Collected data
[Start of section]

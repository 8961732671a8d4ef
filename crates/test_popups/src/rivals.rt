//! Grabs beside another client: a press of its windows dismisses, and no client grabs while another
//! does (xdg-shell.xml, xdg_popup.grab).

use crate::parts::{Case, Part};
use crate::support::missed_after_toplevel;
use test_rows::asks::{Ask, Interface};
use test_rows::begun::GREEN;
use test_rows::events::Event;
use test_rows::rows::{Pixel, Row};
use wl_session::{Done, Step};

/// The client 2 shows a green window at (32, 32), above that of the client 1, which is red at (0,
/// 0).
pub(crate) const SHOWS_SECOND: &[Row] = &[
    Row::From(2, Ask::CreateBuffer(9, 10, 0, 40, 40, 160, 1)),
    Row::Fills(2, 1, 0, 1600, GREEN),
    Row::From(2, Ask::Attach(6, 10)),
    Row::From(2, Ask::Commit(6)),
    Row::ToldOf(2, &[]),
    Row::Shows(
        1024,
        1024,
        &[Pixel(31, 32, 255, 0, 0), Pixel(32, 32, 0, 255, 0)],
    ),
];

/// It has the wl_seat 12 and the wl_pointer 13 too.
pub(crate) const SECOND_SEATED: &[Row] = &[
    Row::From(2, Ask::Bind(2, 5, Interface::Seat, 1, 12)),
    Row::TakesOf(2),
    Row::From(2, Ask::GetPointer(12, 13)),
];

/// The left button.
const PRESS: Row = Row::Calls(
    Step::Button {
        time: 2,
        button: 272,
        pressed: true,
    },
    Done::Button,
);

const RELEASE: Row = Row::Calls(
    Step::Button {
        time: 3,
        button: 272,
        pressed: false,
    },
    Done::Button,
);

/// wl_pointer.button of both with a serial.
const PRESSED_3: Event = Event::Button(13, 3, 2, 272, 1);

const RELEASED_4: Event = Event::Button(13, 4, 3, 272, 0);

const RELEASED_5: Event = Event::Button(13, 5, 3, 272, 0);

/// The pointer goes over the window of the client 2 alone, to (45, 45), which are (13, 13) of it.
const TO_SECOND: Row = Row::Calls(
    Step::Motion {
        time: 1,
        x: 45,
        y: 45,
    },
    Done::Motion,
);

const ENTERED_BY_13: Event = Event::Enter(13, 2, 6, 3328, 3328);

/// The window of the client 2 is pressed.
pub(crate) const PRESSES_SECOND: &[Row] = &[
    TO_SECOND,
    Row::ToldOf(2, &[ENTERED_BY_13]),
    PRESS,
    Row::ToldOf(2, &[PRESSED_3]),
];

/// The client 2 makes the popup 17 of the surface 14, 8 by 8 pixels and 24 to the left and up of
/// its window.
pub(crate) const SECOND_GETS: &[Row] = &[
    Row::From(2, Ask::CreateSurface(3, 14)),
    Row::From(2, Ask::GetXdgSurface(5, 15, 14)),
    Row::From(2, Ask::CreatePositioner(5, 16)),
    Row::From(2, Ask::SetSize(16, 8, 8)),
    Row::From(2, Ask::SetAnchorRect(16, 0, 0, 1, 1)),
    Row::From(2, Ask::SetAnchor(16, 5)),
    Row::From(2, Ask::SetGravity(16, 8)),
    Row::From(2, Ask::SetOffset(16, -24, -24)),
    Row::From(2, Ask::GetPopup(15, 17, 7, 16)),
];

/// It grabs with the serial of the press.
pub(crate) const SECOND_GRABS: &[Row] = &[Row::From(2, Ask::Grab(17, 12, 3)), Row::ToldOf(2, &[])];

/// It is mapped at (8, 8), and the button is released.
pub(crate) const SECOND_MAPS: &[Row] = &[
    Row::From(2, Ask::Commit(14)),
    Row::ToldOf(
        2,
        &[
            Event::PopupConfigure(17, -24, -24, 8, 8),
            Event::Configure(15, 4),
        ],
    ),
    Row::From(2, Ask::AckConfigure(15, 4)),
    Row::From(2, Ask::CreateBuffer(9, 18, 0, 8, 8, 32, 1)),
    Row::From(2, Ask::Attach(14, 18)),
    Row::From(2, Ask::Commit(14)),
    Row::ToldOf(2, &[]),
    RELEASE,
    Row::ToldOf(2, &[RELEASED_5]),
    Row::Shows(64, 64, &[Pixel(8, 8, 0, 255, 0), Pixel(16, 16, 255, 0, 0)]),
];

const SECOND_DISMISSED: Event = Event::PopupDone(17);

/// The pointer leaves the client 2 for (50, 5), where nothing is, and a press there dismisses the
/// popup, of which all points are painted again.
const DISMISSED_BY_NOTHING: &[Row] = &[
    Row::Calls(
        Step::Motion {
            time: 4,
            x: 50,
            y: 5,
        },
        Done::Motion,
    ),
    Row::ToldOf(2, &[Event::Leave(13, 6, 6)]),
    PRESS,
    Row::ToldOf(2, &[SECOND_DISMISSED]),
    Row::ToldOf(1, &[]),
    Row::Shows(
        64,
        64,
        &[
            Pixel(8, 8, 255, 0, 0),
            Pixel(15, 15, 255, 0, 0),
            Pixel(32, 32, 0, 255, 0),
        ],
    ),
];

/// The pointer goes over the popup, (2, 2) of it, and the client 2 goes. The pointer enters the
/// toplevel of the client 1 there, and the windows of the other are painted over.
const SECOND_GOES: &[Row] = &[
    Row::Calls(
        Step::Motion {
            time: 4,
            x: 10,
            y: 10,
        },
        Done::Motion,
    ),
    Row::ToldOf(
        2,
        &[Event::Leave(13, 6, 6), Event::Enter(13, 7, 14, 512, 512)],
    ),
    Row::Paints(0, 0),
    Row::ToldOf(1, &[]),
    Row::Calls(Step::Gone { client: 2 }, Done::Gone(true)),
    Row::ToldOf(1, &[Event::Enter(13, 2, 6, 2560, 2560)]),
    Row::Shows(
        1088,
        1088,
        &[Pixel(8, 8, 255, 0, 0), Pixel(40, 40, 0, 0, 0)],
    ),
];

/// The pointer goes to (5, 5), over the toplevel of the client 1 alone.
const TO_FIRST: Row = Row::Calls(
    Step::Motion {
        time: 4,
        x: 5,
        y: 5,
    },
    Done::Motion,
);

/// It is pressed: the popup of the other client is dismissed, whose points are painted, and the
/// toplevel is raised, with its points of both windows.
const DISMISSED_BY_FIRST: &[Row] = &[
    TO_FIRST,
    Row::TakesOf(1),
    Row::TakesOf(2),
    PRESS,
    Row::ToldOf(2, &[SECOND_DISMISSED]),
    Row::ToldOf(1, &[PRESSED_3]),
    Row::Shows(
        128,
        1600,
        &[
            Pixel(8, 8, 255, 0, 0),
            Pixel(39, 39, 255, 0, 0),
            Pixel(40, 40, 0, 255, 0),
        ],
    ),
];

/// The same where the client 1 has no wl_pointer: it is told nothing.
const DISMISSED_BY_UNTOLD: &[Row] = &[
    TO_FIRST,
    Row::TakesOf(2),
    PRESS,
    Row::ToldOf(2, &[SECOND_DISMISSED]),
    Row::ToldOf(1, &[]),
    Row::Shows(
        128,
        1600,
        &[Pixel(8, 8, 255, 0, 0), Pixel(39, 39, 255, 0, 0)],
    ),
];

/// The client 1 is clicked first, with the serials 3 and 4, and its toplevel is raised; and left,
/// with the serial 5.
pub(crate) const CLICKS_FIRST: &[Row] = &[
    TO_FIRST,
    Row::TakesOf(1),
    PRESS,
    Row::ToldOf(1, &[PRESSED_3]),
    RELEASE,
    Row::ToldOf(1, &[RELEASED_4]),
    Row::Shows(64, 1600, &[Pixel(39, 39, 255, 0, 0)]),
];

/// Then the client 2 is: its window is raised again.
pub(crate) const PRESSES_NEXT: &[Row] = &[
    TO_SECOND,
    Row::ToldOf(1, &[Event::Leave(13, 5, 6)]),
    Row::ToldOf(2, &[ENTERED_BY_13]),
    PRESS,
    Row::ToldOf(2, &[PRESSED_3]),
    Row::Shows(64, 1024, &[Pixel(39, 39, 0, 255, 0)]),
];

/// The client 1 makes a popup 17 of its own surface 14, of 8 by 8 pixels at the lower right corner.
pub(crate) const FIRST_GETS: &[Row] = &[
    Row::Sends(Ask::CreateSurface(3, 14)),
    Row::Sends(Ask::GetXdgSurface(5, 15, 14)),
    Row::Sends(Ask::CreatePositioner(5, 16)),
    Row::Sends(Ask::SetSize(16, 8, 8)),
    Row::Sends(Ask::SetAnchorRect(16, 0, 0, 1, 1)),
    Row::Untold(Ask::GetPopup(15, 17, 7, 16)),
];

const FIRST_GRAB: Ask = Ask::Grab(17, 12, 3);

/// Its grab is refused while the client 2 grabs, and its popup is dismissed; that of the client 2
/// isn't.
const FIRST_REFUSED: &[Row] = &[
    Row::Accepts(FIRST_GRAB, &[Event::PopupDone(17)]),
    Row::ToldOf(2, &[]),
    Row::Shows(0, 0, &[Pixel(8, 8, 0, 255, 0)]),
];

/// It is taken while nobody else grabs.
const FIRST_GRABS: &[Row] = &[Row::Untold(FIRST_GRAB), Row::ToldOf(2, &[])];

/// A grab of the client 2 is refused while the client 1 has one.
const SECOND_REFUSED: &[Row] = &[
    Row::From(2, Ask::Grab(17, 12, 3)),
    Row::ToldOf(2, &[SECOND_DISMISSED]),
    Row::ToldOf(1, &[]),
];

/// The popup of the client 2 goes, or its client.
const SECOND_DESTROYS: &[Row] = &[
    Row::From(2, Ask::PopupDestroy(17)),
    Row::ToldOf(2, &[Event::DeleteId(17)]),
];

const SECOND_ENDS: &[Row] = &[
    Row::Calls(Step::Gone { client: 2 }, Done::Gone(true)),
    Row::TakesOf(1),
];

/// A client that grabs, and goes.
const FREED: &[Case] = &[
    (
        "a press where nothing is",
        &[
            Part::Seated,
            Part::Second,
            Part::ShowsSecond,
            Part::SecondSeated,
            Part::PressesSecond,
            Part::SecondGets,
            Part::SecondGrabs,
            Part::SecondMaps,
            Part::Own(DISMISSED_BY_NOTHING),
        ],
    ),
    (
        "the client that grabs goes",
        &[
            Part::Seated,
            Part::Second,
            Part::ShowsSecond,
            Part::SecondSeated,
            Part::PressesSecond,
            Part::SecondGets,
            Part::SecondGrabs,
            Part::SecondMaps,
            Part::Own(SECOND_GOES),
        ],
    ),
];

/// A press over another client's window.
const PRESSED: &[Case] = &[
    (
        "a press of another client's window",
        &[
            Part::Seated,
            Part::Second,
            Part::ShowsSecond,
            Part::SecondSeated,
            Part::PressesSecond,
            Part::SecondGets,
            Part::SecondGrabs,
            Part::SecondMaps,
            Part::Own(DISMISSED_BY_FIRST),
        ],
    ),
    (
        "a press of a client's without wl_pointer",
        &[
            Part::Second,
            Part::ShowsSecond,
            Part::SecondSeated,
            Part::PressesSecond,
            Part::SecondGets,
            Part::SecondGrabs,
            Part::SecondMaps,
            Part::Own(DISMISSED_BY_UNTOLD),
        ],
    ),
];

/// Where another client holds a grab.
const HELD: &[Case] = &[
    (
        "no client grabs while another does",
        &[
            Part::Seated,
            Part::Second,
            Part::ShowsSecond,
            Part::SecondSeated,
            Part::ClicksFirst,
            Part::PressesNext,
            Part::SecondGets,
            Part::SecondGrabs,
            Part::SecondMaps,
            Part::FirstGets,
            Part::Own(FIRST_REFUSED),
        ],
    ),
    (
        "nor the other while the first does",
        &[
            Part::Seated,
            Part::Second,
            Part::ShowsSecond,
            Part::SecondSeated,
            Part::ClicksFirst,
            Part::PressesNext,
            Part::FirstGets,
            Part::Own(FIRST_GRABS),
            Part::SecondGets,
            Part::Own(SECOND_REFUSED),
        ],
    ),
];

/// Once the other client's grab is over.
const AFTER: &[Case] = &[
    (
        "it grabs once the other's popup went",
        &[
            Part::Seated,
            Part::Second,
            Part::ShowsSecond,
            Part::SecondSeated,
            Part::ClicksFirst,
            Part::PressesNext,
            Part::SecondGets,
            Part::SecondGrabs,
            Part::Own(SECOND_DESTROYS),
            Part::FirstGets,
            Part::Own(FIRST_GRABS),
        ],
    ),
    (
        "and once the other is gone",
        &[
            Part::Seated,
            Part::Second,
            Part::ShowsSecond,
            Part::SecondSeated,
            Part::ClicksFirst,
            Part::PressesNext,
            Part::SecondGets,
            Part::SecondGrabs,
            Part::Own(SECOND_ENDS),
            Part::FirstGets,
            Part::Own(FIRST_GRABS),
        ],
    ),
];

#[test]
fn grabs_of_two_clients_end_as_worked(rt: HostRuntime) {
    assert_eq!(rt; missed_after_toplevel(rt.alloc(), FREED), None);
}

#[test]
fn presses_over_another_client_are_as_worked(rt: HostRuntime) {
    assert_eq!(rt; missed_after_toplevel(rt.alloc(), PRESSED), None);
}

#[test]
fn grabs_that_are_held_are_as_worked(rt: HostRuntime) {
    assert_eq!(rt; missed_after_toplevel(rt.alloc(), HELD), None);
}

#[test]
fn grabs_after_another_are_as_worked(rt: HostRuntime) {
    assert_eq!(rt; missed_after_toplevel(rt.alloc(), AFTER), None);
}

[End of section]

● **TASK DETAILS**:
Copy out each line of the entries above that holds "which".

● **ANSWER BOX**:
/// The client 2 shows a green window at (32, 32), above that of the client 1, which is red at (0,
/// The pointer goes over the window of the client 2 alone, to (45, 45), which are (13, 13) of it.
/// popup, of which all points are painted again.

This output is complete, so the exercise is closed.